In many cases you won’t. Much of the content is available either immediately or within 24 hours online, and we will always try to help you to find it. Second, whenever a local broadcast station owner takes away your stations, we immediately authorize eligible customers to receive what’s called “Distant Network Signals.” If your home is too far for you to receive the same signal over-the-air with an antenna, then the FCC allows us to offer you an alternative, meaning you’ll still get an ABC, CBS, CW, FOX or NBC station to match. If you qualify, you don’t need to do anything. We’ll just make sure it’s there in your line-up between channels 390-399 and most times we’ll call you to make sure you know it. You can always check DirectvPromise.com to see immediate information and updates on the status of any programming disputes or related situations where any channel may leave your line-up temporarily.

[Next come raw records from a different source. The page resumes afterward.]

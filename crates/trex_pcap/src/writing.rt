// The headers of a capture as they are written (pcap 2.4).

ghost use Rattle.std.specs.Prelude.{◌≡◌, ◌<◌, ◌*◌, ◌^◌};
ghost use Rattle.trex_pcap.specs.Writing.{file_header, record_header_of};

use byteorder::{ByteOrder, LittleEndian};

/// The magic number of a capture whose fractions of a second are nanoseconds.
pub(crate) const MAGIC_NANOSECONDS: u32 = 0xA1B2_3C4D;

/// The number before the point of the format's version, 2.4.
pub(crate) const VERSION_MAJOR: u16 = 2;

/// The number behind the point of the format's version, 2.4.
pub(crate) const VERSION_MINOR: u16 = 4;

/// The greatest number of bytes of a packet that a record holds.
pub(crate) const SNAPSHOT_LENGTH: u32 = 262_144;

/// The link type of Ethernet.
pub(crate) const LINK_ETHERNET: u32 = 1;

pub(crate) const NANOSECONDS_PER_SECOND: u64 = 1_000_000_000;

/// The file header of a capture: little-endian, version 2.4, records in nanoseconds, snapshot length 262,144 bytes, link
/// type Ethernet (pcap 2.4, file header).
#[tactic(auto, unfolding(crate::specs::Writing::file_header))]
pub fn header() -> [u8; 24]
    ensures { result ≡ file_header }
{
    let mut bytes = [0; 24];
    LittleEndian::write_u32(&mut bytes, MAGIC_NANOSECONDS);
    LittleEndian::write_u16(&mut bytes[4..], VERSION_MAJOR);
    LittleEndian::write_u16(&mut bytes[6..], VERSION_MINOR);
    LittleEndian::write_u32(&mut bytes[16..], SNAPSHOT_LENGTH);
    LittleEndian::write_u32(&mut bytes[20..], LINK_ETHERNET);
    bytes
}

/// The record header of a whole packet of `length` bytes at `time`, in nanoseconds since 1970 (pcap 2.4, packet record).
#[tactic(auto, unfolding(crate::specs::Writing::record_header_of))]
pub fn record_header(time: u64, length: u32) -> [u8; 16]
    requires { time < 2 ^ 32 * 10 ^ 9 }
    ensures { result ≡ record_header_of time length }
{
    let mut bytes = [0; 16];
    LittleEndian::write_u32(&mut bytes, (time / NANOSECONDS_PER_SECOND) as u32);
    LittleEndian::write_u32(&mut bytes[4..], (time % NANOSECONDS_PER_SECOND) as u32);
    LittleEndian::write_u32(&mut bytes[8..], length);
    LittleEndian::write_u32(&mut bytes[12..], length);
    bytes
}
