// What a magic number says of a capture.

/// How a capture spells its numbers, as its magic number says.
#[derive(Clone, Copy, Debug, PartialEq, Eq, Drop)]
pub struct Format {
    /// Numbers stand with their highest byte first.
    pub big: bool,
    /// Fractions of a second are microseconds; else they are nanoseconds.
    pub micro: bool,
}
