// Modules that no root reaches any more leave the page.
ghost use Rattle.std.specs.Prelude.{◌≡◌, false, filter, not, IfOk, OnOk};
ghost use Rattle.update_msgs.specs.declared.message.ClientMsg.TheVariants.{Ask};
ghost use Rattle.core_model.specs.Names.{has};
ghost use Rattle.client_model.specs.Applying.{prune};
ghost use Rattle.client_model.specs.Requesting.{request};
ghost use Rattle.client_model.specs.Runtime.{Runtime};
ghost use Rattle.module_language.specs.ModuleLanguage.{module_language};
ghost use Rattle.runtime_state.specs.Becoming.{Becomes};
ghost use Rattle.runtime_state.specs.Standing.{IsSound, Keeps, KeepsWords};

use hmr_types::{ModName, Sequence};
use module_graph::has_name;
use output_lines::OutLine;
use prunes_and_events::prune_all;
use retained_data::{Bag, Ran};
use runtime_state::HotRuntime;
use std::alloc::AllocError;

/// The live instances of these modules are pruned, in falling number, and the modules leave the page.
pub fn prune<F: FnOnce(Bag) -> Result<Ran, AllocError> + Drop>(
    runtime: &mut HotRuntime<F>,
    paths: Sequence<ModName>,
) -> Result<Vec<OutLine>, AllocError>
    requires running { runtime.old.stopped ≡ false }
    requires callable { (f : F) → F.IsAlwaysCallable f }
    requires words { KeepsWords F.post runtime.old }
    ensures becomes { (r : Runtime) → Keeps r runtime.old → IsSound runtime.old
        → request module_language r ≡ Ask
        → IfOk result (λ lines. Becomes (prune module_language paths r) runtime.new lines.items) }
    ensures words { OnOk result (KeepsWords F.post runtime.new) }
    ensures format { runtime.new.format ≡ runtime.old.format }
    ensures stopped { runtime.new.stopped ≡ runtime.old.stopped }
{
    let alloc = runtime.allocator();
    let names = paths.as_slice();
    let mut lines = Vec::new(alloc);
    prune_all(&mut runtime.page, alloc, names, &mut lines)?;
    runtime.view.drop_names(names);
    runtime.whole = false;
    drop_forced(&mut runtime.forced, names);
    Ok(lines)
}

// Names that leave the page are forced no more.
fn drop_forced(forced: &mut Vec<ModName>, names: &[ModName])
    ensures { forced.new.items ≡ filter (λ n. not (has names.now n)) forced.old.items }
{
    forced.retain(|name| !has_name(names, name));
}
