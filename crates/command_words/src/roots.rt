// The roots of a page, from words: names, 16 at most, no two equal.
ghost use Rattle.std.specs.Prelude.{◌≡◌, ◌∷◌, [], ◌&&◌};
ghost use Rattle.std.specs.Prelude.{true, false, not, length, map, IfOk, if◌then◌else◌, Some, None};
ghost use Rattle.std.specs.List.{list_all};
ghost use Rattle.hmr_types.specs.ModName.{is_name};
ghost use Rattle.core_model.specs.Names.{has};
ghost use Rattle.core_model.specs.Roots.{are_bad, are_distinct};
ghost use Rattle.command_words.specs.Words.{Gives, roots_of};

use crate::command::WordsFault;
use hmr_types::limits::ROOTS;
use hmr_types::{ModName, NameFault, Sequence};
use std::alloc::Global;

/// The roots that words are. The time is linear in their bytes.
pub(crate) fn read_roots(alloc: Global, words: &[&str]) -> Result<Sequence<ModName>, WordsFault>
    ensures exact { Gives result (roots_of (map (λ w. w.now) words.now)) }
    ensures good { IfOk result (λ roots. are_bad roots ≡ false) }
    ensures whole { IfOk result (λ roots. roots ≡ map (λ w. w.now) words.now) }
{
    let names = read_names(alloc, words)?;
    if are_bad(names.as_slice()) {
        return Err(WordsFault::NotACommand);
    }
    Ok(names)
}

fn read_names(alloc: Global, words: &[&str]) -> Result<Sequence<ModName>, WordsFault>
    ensures { Gives result (if list_all is_name (map (λ w. w.now) words.now)
        then Some (map (λ w. w.now) words.now) else None) }
{
    let mut names = Vec::new(alloc);
    for word in words {
        let name = read_name(alloc, word)?;
        names.push(name)?;
    }
    Ok(Sequence::from_vec(names))
}

/// The name that a word is.
pub(crate) fn read_name(alloc: Global, word: &str) -> Result<ModName, WordsFault>
    ensures exact { Gives result (if is_name word.now then Some word.now else None) }
    ensures name { IfOk result (λ name. is_name name ≡ true) }
{
    match ModName::read(alloc, word.as_bytes()) {
        Ok(name) => Ok(name),
        Err(NameFault::NotAName) => Err(WordsFault::NotACommand),
        Err(NameFault::NoMemory) => Err(WordsFault::NoMemory),
    }
}

fn are_bad(names: &[ModName]) -> bool
    ensures { result ≡ are_bad names.now }
{
    names.len() > ROOTS || !are_distinct(names)
}

fn are_distinct(names: &[ModName]) -> bool
    ensures { result ≡ are_distinct names.now }
{
    for place in 0..names.len() {
        if has_name(&names[place + 1..], &names[place]) {
            return false;
        }
    }
    true
}

fn has_name(names: &[ModName], name: &ModName) -> bool
    ensures { result ≡ has names.now name.now }
{
    names.iter().any(|known| known == name)
}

How does Distant Network Signals (DNS) qualification work exactly?
Federal law gives broadcast companies the exclusive rights to distribute local stations to the public. That means we cannot by law bring another ABC, CBS, CW, FOX, or NBC station into a city unless the station that’s licensed to serve that community will allow it—and they never do in these contract disputes. Since the station owner holds the broadcasting rights for its channels, they are solely responsible for whether they stay or go in our programming line-up. They will take them away so you get upset enough to surrender to whatever pricing demands they have. We continue to argue to the FCC and Washington that these sorts of situations are exactly why they need to change the rules.
Why don’t people just get whatever channel is missing with an over-the-air antenna?
In many cases it’s as simple as that. If you’re missing a local ABC, CBS, CW, FOX, or NBC station, all you have to do is turn off your DIRECTV receiver and turn to the channel on your television set. If you have a newer digital television set, usually the antenna is built right in. As with the old rabbit ears, the reception depends on where you live and whether there are buildings or other obstacles in the way between you and the station’s transmitters. You can often boost that reception with a fairly inexpensive external digital antenna available from any local electronics store. Today’s antennas are also quite small and convenient. Nine times out of ten, these disputes involve local broadcast channels, but if it’s a cable or satellite network the owner has removed from your line-up, much of the programming is available online. It’s not ideal, but it’s usually enough to keep you connected during the short period of time it usually takes to work out these disputes.